Assigned task
Repeat nothing but the lines below running from the one containing "has this fault." to the one containing "splits than are listed.". Keep both end lines.

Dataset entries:
________________________________________
// The files of a command, and why there is no answer.
ghost use Rattle.std.specs.Prelude.{◌≡◌};
ghost use Rattle.lw_top.specs.declared.refusal.Refusal.TheVariants.{Memory};

use lw_files::FileFault;
use lw_map::{MapFault, Reason};
use lw_pool::Name;
use lw_verilog::{NoVerilog, VerilogKind};
use std::alloc::AllocError;

/// Which of the files.
#[derive(Clone, Copy, PartialEq, Eq)]
pub enum Which {
    Library,
    Network,
    /// The mapped netlist, as a mapped text or in Verilog.
    Mapped,
    Vectors,
}

/// Why there is no answer.
#[derive(Drop)]
pub enum Refusal {
    /// The words have none of the written forms.
    Words,
    /// This file has this fault.
    Faulty(Which, FileFault),
    /// The line of the netlist in Verilog, from 1, breaks this rule.
    Verilog(u32, VerilogKind),
    /// The line, from 1, is no vector.
    Vector(u32),
    /// The network has more forms than are listed.
    Forms,
    /// The forms have more splits than are listed.
    Splits,
    /// This output has no cover.
    NoCover(Name),
    /// The classes have more points than are dealt with.
    Points,
    /// The mapped netlist is no fastest mapping of the network.
    No(Reason),
    /// The mapped netlist has no text in Verilog.
    NoVerilog(NoVerilog),
    /// Memory ran out.
    Memory,
}

impl Refusal {
    ghost use Rattle.std.specs.Prelude.{◌≡◌};
    ghost use Rattle.lw_top.specs.Named.{file_refusal, map_refusal};

    /// The refusal of a file: running out of memory is no fault of the file.
    pub fn of_file(which: Which, fault: FileFault) -> Refusal
        ensures { result ≡ file_refusal which fault }
    {
        match fault {
            FileFault::Memory => Refusal::Memory,
            fault => Refusal::Faulty(which, fault),
        }
    }

    /// The refusal of a network that has no answer.
    pub fn of_map(fault: MapFault) -> Refusal
        ensures { result ≡ map_refusal fault }
    {
        match fault {
            MapFault::Forms => Refusal::Forms,
            MapFault::Splits => Refusal::Splits,
            MapFault::NoCover(name) => Refusal::NoCover(name),
            MapFault::Points => Refusal::Points,
            MapFault::Memory => Refusal::Memory,
        }
    }
}

impl From<AllocError> for Refusal {
    ghost from_gives = { λ _ e. e ≡ Memory };

    // Running out of memory is the refusal `Memory`.
    fn from(_e: AllocError) -> Refusal {
        Refusal::Memory
    }
}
________________________________________
Answer to this exercise
    /// This file has this fault.
    Faulty(Which, FileFault),
    /// The line of the netlist in Verilog, from 1, breaks this rule.
    Verilog(u32, VerilogKind),
    /// The line, from 1, is no vector.
    Vector(u32),
    /// The network has more forms than are listed.
    Forms,
    /// The forms have more splits than are listed.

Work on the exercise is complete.